Отчаянье, которое Нильсен читал в «языке тела» других заключенных, пробуждало в нем такую редкую раньше скромность. Они беспокоились о своих детях и женах, и он чувствовал, что у него в тюрьме «меньше всех проблем». Кроме того, их преступления отчасти можно было оправдать жестокой бедностью и безработицей, жизнью, полной лишений. О нем же такого сказать нельзя. «Мне кажется, у меня нет никакого логического оправдания… Наверное, я один из немногих действительно виновных людей в моем блоке».
Мелкие инциденты в его тюремной жизни помогали поддерживать мораль и укрепить в Нильсене чувство солидарности, которое он ценил больше всего. Случалось и обратное. Однажды после очередного перемещения из одной камеры в другую ему не выдали ночной горшок. Посреди ночи он позвонил в колокольчик для вызова тюремной медсестры. Придя, она сообщила ему, что камеру не откроют до утра и ему стоит просто делать свои дела прямо на пол.
Некоторые заключенные так часто устраивали голодовку в знак протеста, что это едва ли стоило упоминания. Нильсен устраивал голодовку дважды за несколько дней, чтобы как-то разнообразить свои будни. Он писал: «Здесь вполне возможно питаться обычными порциями и при этом успешно придерживаться голодовки». Эта ремарка иллюстрирует его склонность искажать истину посредством юмора.

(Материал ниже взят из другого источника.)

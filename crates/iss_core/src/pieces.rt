//! The pieces of entries that the core adds to those of transactions, each after those that are made already.
ghost use Rattle.std.specs.Prelude.{◌≡◌, ◌<◌, ◌≤◌, ◌^◌, ◌∷◌, [], Some, None, OnOk};
ghost use Rattle.iss_model.specs.declared.account.Account.TheVariants as account;
ghost use Rattle.iss_model.specs.declared.account.Part.TheVariants as part;
ghost use Rattle.iss_model.specs.declared.entry.Entry.TheVariants as entry;
ghost use Rattle.iss_model.specs.rules.Pieces.{only_gateway, notice_entry, void_entry, abandoned_call_entries, declined_ask_entries, funded_ask_entries, part_funded_entries, failure_reason};
ghost use Rattle.iss_model.specs.rules.Acts.{Declines, act_entries};
ghost use Rattle.iss_core.specs.Asks.{ask_of};
ghost use Rattle.iss_core.specs.Standing.{stood_entries};
ghost use Rattle.iss_core.specs.Adding.{Adds, plain_notice, notice_of_some};

use crate::asks::{Ask, rest_given_back};
use iss_chain::pieces;
use iss_model::{
    CallId, Entry, Failure, Funding, How, Method, Notice, Opened, Part, Reason, Token, Txn, Verdict,
};
use std::alloc::AllocError;

pub(crate) fn put_decided(
    out: &mut Vec<Entry>,
    event: &Token,
    verdict: Verdict,
) -> Result<(), AllocError>
    ensures { OnOk result (Adds out.old out.new (entry.Decided event.now verdict ∷ [])) }
{
    out.push(Entry::Decided(*event, verdict))?;
    Ok(())
}

pub(crate) fn put_declined(
    out: &mut Vec<Entry>,
    event: &Token,
    why: Reason,
) -> Result<(), AllocError>
    ensures { OnOk result (Adds out.old out.new (act_entries (Declines event.now why))) }
{
    put_decided(out, event, Verdict::Declined(why))
}

/// A notice that is of no call, for a product that a gateway funds.
pub(crate) fn put_notice(
    out: &mut Vec<Entry>,
    number: u32,
    method: Method,
    txn: &Txn,
    amount: u64,
    gateway: u64,
) -> Result<(), AllocError>
    ensures { OnOk result (Adds out.old out.new (only_gateway txn.now (plain_notice number method txn.now amount gateway))) }
{
    match txn.funding {
        Funding::Account => Ok(()),
        Funding::Gateway => {
            out.push(notice(number, method, txn, None, amount, gateway))?;
            Ok(())
        }
    }
}

/// A notice that is of no call, if the amount isn't 0.
pub(crate) fn put_notice_of_some(
    out: &mut Vec<Entry>,
    number: u32,
    method: Method,
    txn: &Txn,
    amount: u64,
    gateway: u64,
) -> Result<(), AllocError>
    ensures { OnOk result (Adds out.old out.new (only_gateway txn.now (notice_of_some number method txn.now amount gateway))) }
{
    if amount == 0 {
        return Ok(());
    }
    put_notice(out, number, method, txn, amount, gateway)
}

fn notice(
    number: u32,
    method: Method,
    txn: &Txn,
    call: Option<CallId>,
    amount: u64,
    gateway: u64,
) -> Entry
    ensures { result ≡ notice_entry number method txn.now call amount gateway }
{
    Entry::Notice(Notice {
        number,
        method,
        txn: txn.token,
        user: txn.user,
        currency: txn.currency,
        call,
        amount,
        gateway,
    })
}

/// The gateway is told that a call has ended.
pub(crate) fn put_void(
    out: &mut Vec<Entry>,
    number: u32,
    txn: &Txn,
    opened: &Opened,
) -> Result<(), AllocError>
    ensures { OnOk result (Adds out.old out.new (void_entry number txn.now opened.now ∷ [])) }
{
    out.push(notice(
        number,
        Method::Void,
        txn,
        Some(opened.call),
        opened.amount,
        0,
    ))?;
    Ok(())
}

/// A call is closed, voided, its use returned, and its event declined.
pub(crate) fn put_abandoned(
    out: &mut Vec<Entry>,
    number: u32,
    txn: &Txn,
    why: &Reason,
    opened: &Opened,
) -> Result<(), AllocError>
    requires { opened.now.amount < 2 ^ 63 }
    ensures { OnOk result (Adds out.old out.new (abandoned_call_entries number txn.now why.now opened.now)) }
{
    out.push(Entry::Closed(opened.call, How::Abandoned))?;
    put_void(out, number, txn, opened)?;
    out.push(Entry::Usage(Ask::of_call(opened, txn).given_back()))?;
    put_decided(out, &opened.event, Verdict::Declined(*why))
}

/// An ask is declined: its use is returned, and with an authorisation its transaction ends.
pub(crate) fn put_declined_ask(
    out: &mut Vec<Entry>,
    ask: &Ask,
    why: Reason,
) -> Result<(), AllocError>
    requires { ask.now.amount < 2 ^ 63 }
    ensures { OnOk result (Adds out.old out.new (declined_ask_entries (ask_of ask.now) why)) }
{
    out.push(Entry::Usage(ask.given_back()))?;
    if ask.first {
        out.push(Entry::Ended(ask.txn.token))?;
    }
    put_decided(out, &ask.event, Verdict::Declined(why))
}

/// The gateway's money is there and held, and the ask approved.
pub(crate) fn put_funded_ask(out: &mut Vec<Entry>, ask: &Ask) -> Result<(), AllocError>
    requires { ask.now.amount < 2 ^ 63 }
    ensures { OnOk result (Adds out.old out.new (funded_ask_entries (ask_of ask.now) (account.Gateway ask.now.txn.currency) part.G)) }
{
    pieces::fund(out, &ask.txn, Part::G, ask.amount)?;
    put_decided(out, &ask.event, Verdict::Approved)
}

/// A part of a call's amount is there and held, the use of the rest returned, and the call's event approved for the part.
#[inline(never)]
pub(crate) fn put_part_funded(
    out: &mut Vec<Entry>,
    opened: &Opened,
    txn: &Txn,
    amount: u64,
) -> Result<(), AllocError>
    requires part { amount ≤ opened.now.amount }
    requires small { opened.now.amount < 2 ^ 63 }
    ensures { OnOk result (Adds out.old out.new (part_funded_entries opened.now txn.now amount)) }
{
    out.push(Entry::Usage(rest_given_back(opened, txn, amount)))?;
    pieces::fund(out, txn, Part::G, amount)?;
    put_decided(out, &opened.event, Verdict::Partial(txn.currency, amount))
}

/// The programme pays in the gateway's place, by the set of a name.
pub(crate) fn put_stood(
    out: &mut Vec<Entry>,
    number: u32,
    ask: &Ask,
    at: u64,
    set: &Token,
) -> Result<(), AllocError>
    requires { ask.now.amount < 2 ^ 63 }
    ensures { OnOk result (Adds out.old out.new (stood_entries number (ask_of ask.now) at set.now)) }
{
    let txn = &ask.txn;
    out.push(Entry::Stood {
        set: *set,
        product: txn.product,
        user: txn.user,
        amount: ask.amount,
        at,
    })?;
    pieces::fund(out, txn, Part::P, ask.amount)?;
    out.push(notice(number, Method::StandIn, txn, None, ask.amount, 0))?;
    put_decided(out, &ask.event, Verdict::Approved)
}

pub(crate) fn failure_reason(failure: Failure) -> Reason
    ensures { result ≡ failure_reason failure }
{
    match failure {
        Failure::Connection => Reason::GatewayConnection,
        Failure::Timeout => Reason::GatewayTimeout,
        Failure::Application => Reason::GatewayApplication,
        Failure::Switch => Reason::GatewaySwitch,
    }
}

Как ни странно, больше всего в тюремном заключении его расстроил момент, когда ему отказали в привилегии посещать церковные службы. Он все еще не считал себя религиозным человеком и не слишком был расположен к льстивым речам священников, хотя и наслаждался регулярным общением с методистским священником, который никогда не пытался свести разговор к религии. Тем не менее еженедельная служба была для Нильсена приятным разнообразием – до тех пор, пока ему не сообщили, что его присутствие на службе беспокоит других заключенных, которые не желали очернять себя близостью с подобным монстром. Он писал: «Тюремный пастырь строго бдит за девяносто девятью овцами, которые хотят сбежать. Он идет искать одну заблудшую овцу – и, найдя, перерезает ей горло, потому что эта овца не вписывается в остальное стадо». Нильсен очень старался показать, что он лишь один из многих, что он такой же человек и должен быть с людьми. Отказ в церковной службе разбил эту его иллюзию, напомнив ему, что обвинения, предъявленные ему, создавали огромную пропасть между ним и остальными заключенными, среди которых ему предстояло оставаться. Таким образом, он оказался изолирован от людей не только своей камерой. Он написал матери самое короткое письмо в своей жизни, прося забыть его, поскольку, пребывая здесь, он был все равно что в могиле.